Assigned task
Examine the records below. Report how many of their lines contain the word "take", with no other content.

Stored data
☆ ☆ ☆

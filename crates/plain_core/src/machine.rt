//! What a machine is, and whole runs on one.
ghost use Rattle.std.specs.Prelude.{◌≡◌, ◌≤◌, ℕ, IfOk, IsOk, OnOk, OnErr, length, take};
ghost use Rattle.kernel_rules.specs.State.{State};
ghost use Rattle.kernel_rules.specs.Step.{answer, next, query_answer};
ghost use Rattle.kernel_rules.specs.Runs.{replies_to, state_after};

use base::{Meter, NoMemory, ObjectId};
use kernel_rules::{Call, Query, Reply};
use std::alloc::Global;

/// A machine that answers calls by the rules, however it keeps its state.
pub trait Machine {
    /// The state that it is in.
    ghost state: { Self → State };

    /// Whether its calls take no memory, so that none is refused for want of it.
    ghost sure: { Type 0 } = { ⊥ };

    /// One call of a thread that may change the state. The reply is the answer of the rules, and
    /// the new state the next one. A call that is refused changes nothing, nor does one for which
    /// there is no memory, which is the only error.
    fn step(&mut self, thread: ObjectId, call: &Call, meter: &mut Meter) -> Result<Reply, NoMemory>
        ensures reply { IfOk result (λ reply. reply ≡ answer (state self.old) thread call.now) }
        ensures ok { OnOk result (state self.new ≡ next (state self.old) thread call.now) }
        ensures err { OnErr result (state self.new ≡ state self.old) }
        ensures sure { sure → IsOk result };

    /// One query of a thread, which changes nothing. The reply is the answer of the rules, and want
    /// of memory the only error.
    fn ask(&self, thread: ObjectId, query: &Query, meter: &mut Meter) -> Result<Reply, NoMemory>
        ensures reply { IfOk result
            (λ reply. reply ≡ query_answer (state self.now) thread query.now) }
        ensures sure { sure → IsOk result };
}

/// Calls in order, each by its thread. The replies are those of the rules, from the state that the
/// machine was in, and the new state is where the rules lead. Want of memory is the only error: the
/// machine is then in the state after some beginning of the list, and if its calls take no memory,
/// in the state that it was in.
pub fn run<M: Machine>(
    alloc: Global,
    machine: &mut M,
    calls: &[(ObjectId, Call)],
) -> Result<Vec<Reply>, NoMemory>
    ensures replies { IfOk result
        (λ replies. replies.items ≡ replies_to (M.state machine.old) calls.now) }
    ensures state { OnOk result
        (M.state machine.new ≡ state_after (M.state machine.old) calls.now) }
    ensures stopped { OnErr result ((n : ℕ) × (n ≤ length calls.now)
        × (M.state machine.new ≡ state_after (M.state machine.old) (take n calls.now))) }
    ensures unchanged { M.sure → OnErr result (M.state machine.new ≡ M.state machine.old) }
{
    let mut meter = Meter::new(alloc)?;
    let mut replies = Vec::with_capacity(alloc, calls.len())?;
    for call in calls {
        let reply = machine.step(call.0, &call.1, &mut meter)?;
        replies.push_reserved(reply);
    }
    Ok(replies)
}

☆ ☆ ☆

Your response
4